Stored records

//! Walks over edges by number: where one begins, and whether one is closed.

ghost use Rattle.std.specs.Prelude.{◌≡◌, ◌↔◌, IsTrue};
ghost use Rattle.lid_graph.specs.Walks.{IsWalk, IsClosedWalk, walk_start};

use crate::graph::Graph;

/// Where the first edge of a walk begins, or 0 where there is no edge of this number.
pub fn walk_start(graph: &Graph, walk: &[u32]) -> u32
    ensures { result ≡ walk_start graph.now walk.now }
{
    let edges = graph.edges.as_slice();
    match walk {
        [first, ..] if (*first as usize) < edges.len() => edges[*first as usize].from,
        _ => 0,
    }
}

/// Whether edges lead from one transition to another, each beginning where the one before ends.
pub fn is_walk(graph: &Graph, from: u32, walk: &[u32], to: u32) -> bool
    ensures { IsTrue result ↔ IsWalk graph.now from walk.now to }
{
    let edges = graph.edges.as_slice();
    let mut at = from;
    let mut rest = walk;
    while let [number, after @ ..] = rest {
        let number = *number as usize;
        if number >= edges.len() || edges[number].from != at {
            return false;
        }
        at = edges[number].to;
        rest = after;
    }
    at == to
}

/// Whether edges make a closed walk.
pub fn is_closed_walk(graph: &Graph, walk: &[u32]) -> bool
    ensures { IsTrue result ↔ IsClosedWalk graph.now walk.now }
{
    let start = walk_start(graph, walk);
    !walk.is_empty() && is_walk(graph, start, walk, start)
}
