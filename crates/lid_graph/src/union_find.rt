//! The components of a graph, by union-find with path halving.

ghost use Rattle.std.specs.Prelude.{◌≡◌, ℕ, ◌<◌, ◌≤◌, length, slice_index, IfOk};
ghost use Rattle.lid_graph.specs.Walks.{IsPaired, IsLeastJoined};
ghost use Rattle.lid_graph.specs.Forests.{IsForest, IsLabelled, IsComplete, merged};

use crate::graph::Graph;
use lid_base::Items;
use std::alloc::{AllocError, Global};

/// The root of a transition. The path to it is halved: each transition that is passed gets its
/// grandparent as its parent.
fn find(parents: &mut [u32], v: u32) -> u32
    requires forest { IsForest parents.old }
    requires within { v < length parents.old }
    ensures forest { IsForest parents.new }
    ensures within { result ≤ v }
    ensures label { (label : ℕ → ℕ) → IsLabelled parents.old label → IsLabelled parents.new label × (result ≡ label v) }
{
    let mut at = v;
    while parents[at as usize] != at {
        let parent = parents[at as usize];
        let grandparent = parents[parent as usize];
        parents[at as usize] = grandparent;
        at = grandparent;
    }
    at
}

/// Makes the trees of two transitions one. The lesser root is the root of both.
fn unite(parents: &mut [u32], u: u32, v: u32)
    requires forest { IsForest parents.old }
    requires left { u < length parents.old }
    requires right { v < length parents.old }
    ensures forest { IsForest parents.new }
    ensures label { (label : ℕ → ℕ) → IsLabelled parents.old label → IsLabelled parents.new (merged label u v) }
{
    let left = find(parents, u);
    let right = find(parents, v);
    if left < right {
        parents[right as usize] = left;
    } else {
        parents[left as usize] = right;
    }
}

/// Each transition as its own root.
fn roots(alloc: Global, count: u32) -> Result<Vec<u32>, AllocError>
    ensures length { IfOk result (λ parents. length parents.items ≡ count) }
    ensures own { IfOk result (λ parents. (v : ℕ) → v < count → slice_index parents.items v ≡ v) }
{
    let mut parents = Vec::with_capacity(alloc, count as usize)?;
    for v in 0..count {
        parents.push(v)?;
    }
    Ok(parents)
}

/// Makes the trees of the ends of each edge one.
fn unite_all(parents: &mut [u32], graph: &Graph)
    requires paired { IsPaired graph.now }
    requires length { length parents.old ≡ graph.now.nodes }
    requires own { (v : ℕ) → v < graph.now.nodes → slice_index parents.old v ≡ v }
    ensures { IsComplete graph.now parents.new }
{
    let edges = graph.edges.as_slice();
    for k in 0..edges.len() {
        unite(parents, edges[k].from, edges[k].to);
    }
}

/// Makes each transition a child of its root.
fn flatten(parents: &mut [u32])
    requires { IsForest parents.old }
    ensures { (label : ℕ → ℕ) → IsLabelled parents.old label → (v : ℕ) → v < length parents.new → slice_index parents.new v ≡ label v }
{
    for v in 0..parents.len() {
        let parent = parents[v];
        parents[v] = parents[parent as usize];
    }
}

/// Makes each transition a child of the least transition of its component.
fn label_components(parents: &mut [u32], graph: &Graph)
    requires paired { IsPaired graph.now }
    requires length { length parents.old ≡ graph.now.nodes }
    requires own { (v : ℕ) → v < graph.now.nodes → slice_index parents.old v ≡ v }
    ensures { (v : ℕ) → v < graph.now.nodes → IsLeastJoined graph.now v (slice_index parents.new v) }
{
    unite_all(parents, graph);
    flatten(parents);
}

/// For each transition the least transition that a walk joins to it.
///
/// # Errors
/// Where there is no memory.
pub fn components(alloc: Global, graph: &Graph) -> Result<Items<u32>, AllocError>
    requires { IsPaired graph.now }
    ensures length { IfOk result (λ least. length least ≡ graph.now.nodes) }
    ensures least { IfOk result (λ least. (v : ℕ) → v < graph.now.nodes → IsLeastJoined graph.now v (slice_index least v)) }
{
    let mut parents = roots(alloc, graph.nodes)?;
    label_components(parents.as_mut_slice(), graph);
    Ok(Items::from_vec(parents))
}
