//! Marked graphs.

use lid_base::Items;

/// An edge from one transition to another, or to itself.
#[derive(Clone, Copy, Debug, PartialEq, Eq)]
pub struct Edge {
    pub from: u32,
    pub to: u32,
    /// The tokens that lie on the edge at the start.
    pub tokens: u32,
}

/// A marked graph. Transitions are numbered from 0, edges by their place in the list.
#[derive(Drop)]
pub struct Graph {
    /// How many transitions there are.
    pub nodes: u32,
    pub edges: Items<Edge>,
}
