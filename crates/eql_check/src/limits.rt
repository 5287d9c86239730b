//! The limits of a whole query: its stages, its span and its pipes.
ghost use Rattle.std.specs.Prelude.{◌≡◌, ◌≤◌, ◌&&◌, pos, int_le, true, length, map, nat_le};
ghost use Rattle.std.specs.List.{list_all};
ghost use Rattle.eql_query.specs.QueryTree.{term_tree};
ghost use Rattle.eql_check.specs.Rules as rules_of;
ghost use Rattle.eql_check.specs.Rules.{has_runs, pipes_broken, sequence_broken, span_broken};
ghost use Rattle.eql_check.specs.Answers.{Judges};

use crate::refused::CheckRefused;
use eql_query::{PipeText, Span, Term, Unit};

/// The fewest and the most stages of a sequence.
const FEWEST_STAGES: i64 = 2;

const MOST_STAGES: i64 = 256;

/// The most pipes, and the greatest count of one.
const MOST_PIPES: usize = 8;

const GREATEST_PIPE_COUNT: i64 = 1_000_000;

/// How many stages items are, runs counted.
fn stage_count(items: &[Term]) -> i64
    requires few { length items.now ≤ 4294967295 }
    requires runs { list_all has_runs (map term_tree items.now) ≡ true }
    ensures { result ≡ rules_of.stage_count (map term_tree items.now) }
{
    let mut count = 0;
    for item in items {
        count += item.runs;
    }
    count
}

/// A sequence of these items has 2 to 256 stages.
pub(crate) fn check_stages(items: &[Term]) -> Result<(), CheckRefused>
    requires few { length items.now ≤ 4294967295 }
    requires runs { list_all has_runs (map term_tree items.now) ≡ true }
    ensures { Judges result (sequence_broken (rules_of.stage_count (map term_tree items.now))) }
{
    let count = stage_count(items);
    if count < FEWEST_STAGES {
        Err(CheckRefused::FewStages)
    } else if count > MOST_STAGES {
        Err(CheckRefused::ManyStages { count })
    } else {
        Ok(())
    }
}

/// 36,500 days in a unit.
fn longest(unit: Unit) -> i64
    ensures { result ≡ rules_of.longest unit }
{
    match unit {
        Unit::Ms => 3_153_600_000_000,
        Unit::S => 3_153_600_000,
        Unit::M => 52_560_000,
        Unit::H => 876_000,
        Unit::D => 36_500,
    }
}

/// A span is 1 ms to 36,500 days.
pub(crate) fn check_span(span: Option<Span>) -> Result<(), CheckRefused>
    ensures { Judges result (span_broken span) }
{
    match span {
        None => Ok(()),
        Some(span) => {
            if 1 <= span.count && span.count <= longest(span.unit) {
                Ok(())
            } else {
                Err(CheckRefused::Span)
            }
        }
    }
}

/// Whether a pipe has a count from 0 to 1,000,000.
fn is_pipe(pipe: &PipeText) -> bool
    ensures { result ≡ rules_of.is_pipe pipe.now }
{
    let count = match pipe {
        PipeText::Head(count) | PipeText::Tail(count) => *count,
    };
    0 <= count && count <= GREATEST_PIPE_COUNT
}

fn are_pipes(pipes: &[PipeText]) -> bool
    ensures { result ≡ list_all rules_of.is_pipe pipes.now }
{
    pipes.iter().all(is_pipe)
}

/// At most 8 pipes, each with a count from 0 to 1,000,000.
pub(crate) fn check_pipes(pipes: &[PipeText]) -> Result<(), CheckRefused>
    ensures { Judges result (pipes_broken pipes.now) }
{
    if pipes.len() <= MOST_PIPES && are_pipes(pipes) {
        Ok(())
    } else {
        Err(CheckRefused::Pipe)
    }
}
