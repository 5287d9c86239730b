//! Laws of what a run writes and refuses, each the contract of a function that does nothing.
ghost use Rattle.eql_runs.specs.RunLaws.{FitsAtAnySpan, ListingIsOne, RefusalIsOne, SearchIsOne, StatusIsOne, TestedIsAccepted, TestedIsOwn, WritesOrIsRefused, CheckedIsAccepted, HeadsAgree, ReadyIsNotRefused, MadeIsASearch, MadeIsWithin, MatchesAreFew, NoRunIsLeftOut, DiskHoldsOne, RunsFindFew, DiskHoldsSomething};

use eql_check::check_is_exact;
use eql_cut::{
    first_format_has_no_places, lifted_cuts_fit, named_lines_were_read, places_alone_are_set,
    texts_are_decided,
};
use eql_laws::{cuts_fit, found_is_few, fronts_fit, late, lines_go_on, opening_finds};
use eql_lexer::{none_spelled, one_break, one_list, spelled_or_broken};
use eql_parser::{one_query, one_refusal, query_or_refused};
use eql_stages::readers_fit;
use eql_values::{orders_agree_with_equality, orders_told_alike};
use eql_words::commands_are_bounded;

/// The words, the files and what the disk of a checkpoint holds determine what a run writes, or that it is refused and for which
/// cause, and never both. Files that are all there and checked aren't refused. A run that can be done isn't refused, and no shard
/// of it is beyond a limit. Of a damaged area they don't determine the place that is told.
pub fn runs_are_determined()
    ensures listing { ListingIsOne }
    ensures refusal { RefusalIsOne }
    ensures status { StatusIsOne }
    ensures apart { WritesOrIsRefused }
    ensures accepted { CheckedIsAccepted }
    ensures ready { ReadyIsNotRefused }
{
    one_list();
    none_spelled();
    one_break();
    one_query();
    one_refusal();
    check_is_exact();
    readers_fit();
    cuts_fit();
    fronts_fit();
    lifted_cuts_fit();
    named_lines_were_read();
    places_alone_are_set();
    lines_go_on();
}

/// Nothing is left out: whatever the words and the files are, and whatever bytes the disk holds, these stand for something, and
/// the words are no command, or they, the files and the disk are refused for a cause, or a run of them writes bytes and a report,
/// where the disk is trusted and the shards can be read.
pub fn no_run_is_left_out()
    ensures { NoRunIsLeftOut }
{
    spelled_or_broken();
    query_or_refused();
    check_is_exact();
    readers_fit();
    cuts_fit();
    fronts_fit();
    lifted_cuts_fit();
    orders_agree_with_equality();
    commands_are_bounded();
    first_format_has_no_places();
    texts_are_decided();
    late();
    orders_told_alike();
    opening_finds();
}

/// What both areas of a disk stand for is one thing.
pub fn disks_hold_one_thing()
    ensures { DiskHoldsOne }
{}

/// Whatever bytes both areas of a disk are, they stand for something: no cut, a cut, or an area that is damaged or another
/// program's.
pub fn disks_hold_something()
    ensures { DiskHoldsSomething }
{
    texts_are_decided();
}

/// A checked query has fewer than 2^64 matches over at most 256 shards within the limits of lines and bytes, and so has
/// each run of `find`. So a count of matches never stands still, and the number of each is exact.
pub fn matches_are_counted()
    ensures few { MatchesAreFew }
    ensures found { RunsFindFew }
{
    found_is_few();
    readers_fit();
    commands_are_bounded();
}

/// The query and the mapping of `made` are a search, and each text of such a run can be read to its end. So it isn't
/// refused, and reaches no limit.
pub fn made_is_searched()
    ensures search { MadeIsASearch }
    ensures within { MadeIsWithin }
{
    check_is_exact();
}

/// What cuts say of their runs differs in nothing exactly when it is one and the same.
pub fn heads_agree()
    ensures { HeadsAgree }
{
    orders_agree_with_equality();
}

/// A run over texts for which what its disk holds passed all tests, the head, whether it fits, and each shard, is refused for no
/// cause; where the cut is trusted, it is a run that writes. A cut with digests is trusted where the search put it, over whatever
/// texts: where it passed all tests over these, and digests tell texts apart, it is a cut of these. The words and the files
/// determine for what a run searches, and the texts of its shards.
pub fn tested_cuts_are_accepted()
    ensures accepted { TestedIsAccepted }
    ensures own { TestedIsOwn }
    ensures one { SearchIsOne }
{
    one_list();
    none_spelled();
    one_break();
    one_query();
    one_refusal();
    check_is_exact();
    orders_agree_with_equality();
    late();
}

/// Whether a cut fits a run doesn't depend on the span of the run.
pub fn spans_change_no_fit()
    ensures { FitsAtAnySpan }
{}
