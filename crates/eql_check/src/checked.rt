//! A query that has passed the check.
ghost use Rattle.std.specs.Prelude.{◌≡◌, ◌≤◌, None, length};
ghost use Rattle.eql_query.specs.QueryTree.{query_tree};
ghost use Rattle.eql_check.specs.Kinds.{kind_at};
ghost use Rattle.eql_check.specs.Conditions.{key_count as key_count_of};
ghost use Rattle.eql_check.specs.Used.{used_fields, AreOnce};
ghost use Rattle.eql_check.specs.Rules.{first_broken};
ghost use Rattle.eql_check.specs.Kept.{ConditionsAreBool, OperatorsMeetKinds};
ghost use Rattle.eql_check.specs.RulesKept.{KeepsRules};

use crate::mapping::Mapping;
use crate::parts::key_count;
use eql_query::Query;
use eql_values::NameKinds;
use std::marker::Model;

/// A query that breaks no rule, with the fields that it uses.
pub struct Checked {
    query: Query,
    fields: NameKinds,
}

impl Model for Checked {
    ghost use Rattle.std.specs.Coded.{codes};
    ghost use Rattle.eql_query.specs.contracts.expr.Expr as e;
    ghost use Rattle.eql_query.specs.QueryTree.{query_tree};
    ghost use Rattle.eql_check.specs.Checks.{CheckedQuery};
    ghost use Rattle.eql_check.specs.WasChecked.{WasChecked};

    ghost Value = { CheckedQuery };

    ghost coded = { Prim.hlevel (codes, e.the_row.coded) };

    ghost view = { λ c. record { query = c.query; fields = c.fields } };

    ghost invariant = { λ c. WasChecked (query_tree c.query) c.fields };
}

impl Checked {
    /// The query that was checked against this mapping.
    pub(crate) fn of(query: Query, fields: NameKinds, mapping: &Mapping) -> Checked
        requires kept { first_broken (kind_at mapping.now) (query_tree query) ≡ None }
        requires used { fields ≡ used_fields (kind_at mapping.now) (query_tree query) }
        ensures { result ≡ record { query = query; fields = fields } }
    {
        // For the proof alone, which looks at the mapping's names there.
        let _names = mapping.names();
        Checked { query, fields }
    }

    /// The query, lent.
    pub fn query(&self) -> &Query
        ensures { result.now ≡ self.now.query }
    {
        &self.query
    }

    /// The fields that the query uses, with their kinds, in the order of first use. These are the slots of an event's
    /// values, from 0.
    pub fn fields(&self) -> &NameKinds
        ensures same { result.now ≡ self.now.fields }
        ensures few { length self.now.fields ≤ 64 }
        ensures once { AreOnce self.now.fields }
    {
        &self.fields
    }

    /// How many keys each item of a sequence has, the shared ones and its own. For single events it is 0, also where a
    /// query made by hand gives them keys.
    pub fn keys(&self) -> u32
        ensures same { result ≡ key_count_of (query_tree self.now.query).body }
        ensures few { result ≤ 8 }
    {
        key_count(&self.query.body) as u32
    }

    /// Every checked query keeps the rules, under some mapping from which its used fields come: runs are 1 to 100, a
    /// sequence has 2 to 256 stages, each item has as many keys of its own as the first, the span is 1 ms to 36,500
    /// days, at most 8 pipes have counts from 0 to 1,000,000, and each condition is Boolean or always null.
    pub fn rules_are_kept(&self)
        ensures { KeepsRules (query_tree self.now.query) self.now.fields }
    {
        // For the proof alone, which looks at the query and its fields there.
        let _query = &self.query;
    }
}

impl Drop for Checked {
    fn drop(self) {
        let Checked {
            query: _,
            fields: _,
        } = self;
    }
}

/// A condition of a checked query is true, false or null for all values that fit its fields.
pub fn conditions_are_bool(checked: &Checked)
    ensures { ConditionsAreBool (query_tree checked.now.query) checked.now.fields }
{
    // For the proof alone, which looks at the query and its fields there.
    let _query = &checked.query;
}

/// And no operator in it meets a wrong kind: each takes the values that its operands mean.
pub fn operators_meet_kinds(checked: &Checked)
    ensures { OperatorsMeetKinds (query_tree checked.now.query) checked.now.fields }
{
    // For the proof alone, which looks at the query and its fields there.
    let _query = &checked.query;
}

◆ WORK INSTRUCTION ◆
Using the entries above, give back exactly the line containing "The query, lent.", the line containing "pub fn keys(&self) -> u32", and every line between them, and nothing else.

◆ ANSWER ◆
    /// The query, lent.
    pub fn query(&self) -> &Query
        ensures { result.now ≡ self.now.query }
    {
        &self.query
    }

    /// The fields that the query uses, with their kinds, in the order of first use. These are the slots of an event's
    /// values, from 0.
    pub fn fields(&self) -> &NameKinds
        ensures same { result.now ≡ self.now.fields }
        ensures few { length self.now.fields ≤ 64 }
        ensures once { AreOnce self.now.fields }
    {
        &self.fields
    }

    /// How many keys each item of a sequence has, the shared ones and its own. For single events it is 0, also where a
    /// query made by hand gives them keys.
    pub fn keys(&self) -> u32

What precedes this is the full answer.